Interestingly, Section 30B of the MLA confers a similar power to the Financial Intelligence and Analysis Unit (‘FIAU’). In fact, when the FIAU receives a Suspicion Transactions Report (‘STR’) from or, when from information in its possession the FIAU suspects, that a subject person may have been used for any suspicious transactions or that property is being held by a subject person that is of a dubious nature, then the FIAU may request the subject person to monitor for a specified period the transactions or banking operations being carried out by the suspected person.
The Freezing Order
Here the scenario is completely different to the previous orders above-mentioned. In fact here one no longer has a reasonable suspicion of money laundering but rather has a situation where the suspect has been charged in Court. Consequently, the request for a freezing order is made in open Court and in the presence of the accused who would therefore be legally represented as opposed to the situation where the Attorney General requests the Criminal Court to issue an investigation, attachment or monitoring order.
In practice, I consider freezing orders to have the same effect as B52’s. Basically they freeze whatever property the accused has and prohibits him from receiving any income (except for 13, 976.24) or from carrying out any financial transactions. The result of such an order is, just like carpet bombing, devastating. Accounts are blocked, credit cards are withdrawn, loan 13, 976.24 are withheld.

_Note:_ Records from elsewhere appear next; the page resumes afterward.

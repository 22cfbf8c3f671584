// Deciding: a receiver's entries, each of them a decision of one round less, and the vote over them.
ghost use Rattle.std.specs.Prelude.{◌≡◌};
ghost use Rattle.rules.specs.Routes.{held};
ghost use Rattle.rules.specs.Decision.{byz};
ghost use Rattle.settings.specs.Judged.{settings_of};
ghost use Rattle.exchange.specs.Ready.{Ready};
ghost use Rattle.exchange.specs.Entries.{gathered};

use delivery::{Messages, Path};
use rules::Decided;
use std::marker::Model;
use votes::tally;
use words::put_word;

// What is gathered for a vote: the entries as it takes them, words in bytes, and the ties met on the way to them. Of 15 nodes there are
// 14 entries at the most.
// Kept: an array with its length beside it, since nothing is allocated; `Model` shows the entries that are there.
#[derive(Drop)]
struct Entries {
    bytes: [u8; 28],
    count: usize,
    ties: u32,
}

impl Model for Entries {
    ghost use Rattle.std.specs.Prelude.{◌*◌, ◌≤◌, take};
    ghost use Rattle.exchange.specs.Entries.{Gathered};

    ghost Value = { Gathered };

    ghost view = { λ e. record { bytes = take (2 * e.count) e.bytes; ties = e.ties } };

    ghost invariant = { λ e. e.count ≤ 14 };
}

impl Entries {
    ghost use Rattle.std.specs.Prelude.{[]};

    // None yet.
    fn new() -> Entries
        ensures { result ≡ record { bytes = []; ties = 0 } }
    {
        Entries {
            bytes: [0; 28],
            count: 0,
            ties: 0,
        }
    }

    fn words(&self) -> &[u8]
        ensures { result.now ≡ self.now.bytes }
    {
        &self.bytes[..2 * self.count]
    }

    fn ties(&self) -> u32
        ensures { result ≡ self.now.ties }
    {
        self.ties
    }
}

// What the path's receiver decides when its teller acts as sender, with so many rounds left: VOTE over its entries, with the
// threshold n-1-m, where n is N for a route of one number and one less for each number more.
#[cycle(decide_gather)]
pub fn decide(told: &Messages, path: Path, left: usize) -> Decided
    requires { Ready (settings_of told.now.settings) path.route left }
    ensures { result ≡ byz (settings_of told.now.settings) told.now.table.now left (held path.route) }
{
    let mut entries = Entries::new();
    gather(told, path, left, &mut entries);
    let threshold = usize::from(told.settings.n)
        - path.route.len as usize
        - usize::from(told.settings.m);
    let vote = tally(threshold, entries.words());
    Decided {
        word: vote.word,
        ties: entries.ties() + u32::from(vote.tie),
    }
}

// Gathers the entries: the receiver's own, and for each other receiver j what it decides when j acts as sender. Below BYZ(1,m) that is
// simply the word delivered.
// Kept: they are filled where they are voted on. Returned, they would be copied, which waits for the writes before it: a sixth of the time
// of an exchange among five nodes.
#[cycle(decide_gather)]
fn gather(told: &Messages, path: Path, left: usize, entries: &mut Entries)
    requires { Ready (settings_of told.now.settings) path.route left }
    ensures { entries.new ≡ gathered (settings_of told.now.settings) told.now.table.now left (held path.route) }
{
    let own = told.arrives(path);
    put_word(&mut entries.bytes, 0, own);
    // who is neither the sender nor on the route may receive
    let taken = path.used.with(told.settings.sender);
    // Kept: count and ties in locals until all entries are there. In the fields they would be counted in memory, and an exchange take a
    // tenth longer.
    let mut count: usize = 1;
    let mut ties: u32 = 0;
    for j in 0..told.settings.n {
        if !taken.contains(j) {
            let d = if left == 1 {
                Decided {
                    word: told.relayed(path, j),
                    ties: 0,
                }
            } else {
                decide(told, path.extended(j), left - 1)
            };
            put_word(&mut entries.bytes, count, d.word);
            count += 1;
            ties += d.ties;
        }
    }
    entries.count = count;
    entries.ties = ties;
}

The law tries to address this issue by providing that a freezing order may be varied and consequently the Court may authorise the payment of debts due to bona fide creditors and which were contracted before such order was made and can also authorize the accused to transfer property. The procedure, in practice, is however cumbersome and offers a meagre consolation to the impact these orders have.
The Confiscation Order
Ultimately, the existence of all the previous orders mentioned have as their raison d’etre the identification of proceeds of money laundering. Once the crime of money laundering vis-a-vis an accused has been proven then these orders culminate in the confiscation order. Indeed, this confiscation is in addition to any punishment to which the person convicted may be liable according to law. In fact upon a declaration of guilt the Court shall order the forfeiture in favour of the Government of Malta of the proceeds of the offence or of such property the value of which corresponds to the value of the proceeds of the offence.
It is only the issue of a freezing order and confiscation order that is published in the Government Gazette. The other three orders as we have seen form part of the investigative rather than the judicial process and therefore are not so published. A cursory glance at the Government Gazette would give an indication of the frequency with which such orders are issued.
I believe that a flaw in the system emanates from the fact that there is not enough information available for service providers to keep track of which entities/persons have been so hit by any such orders or whether they are still in force. This could be potentially problematic and could lead to situations where services are provided to persons who are or have been suspected of money laundering. The issue becomes more complex in view of the recent amendments introduced by Legal Notice 464/2014 which has further widened the definition of suspicion. The matter will become even more intricate since the general view among policy makers is to keep up and further strengthen the fight against money laundering especially since it is perceived as funding terrorism.
It is my opinion that, although it is indispensable that we do indeed take all the necessary measures to curb the funding of terrorism, one should always bear in mind that the vast majority of investors/businessmen are not terrorists and denounce terrorism. Trying to strike the right balance is therefore paramount.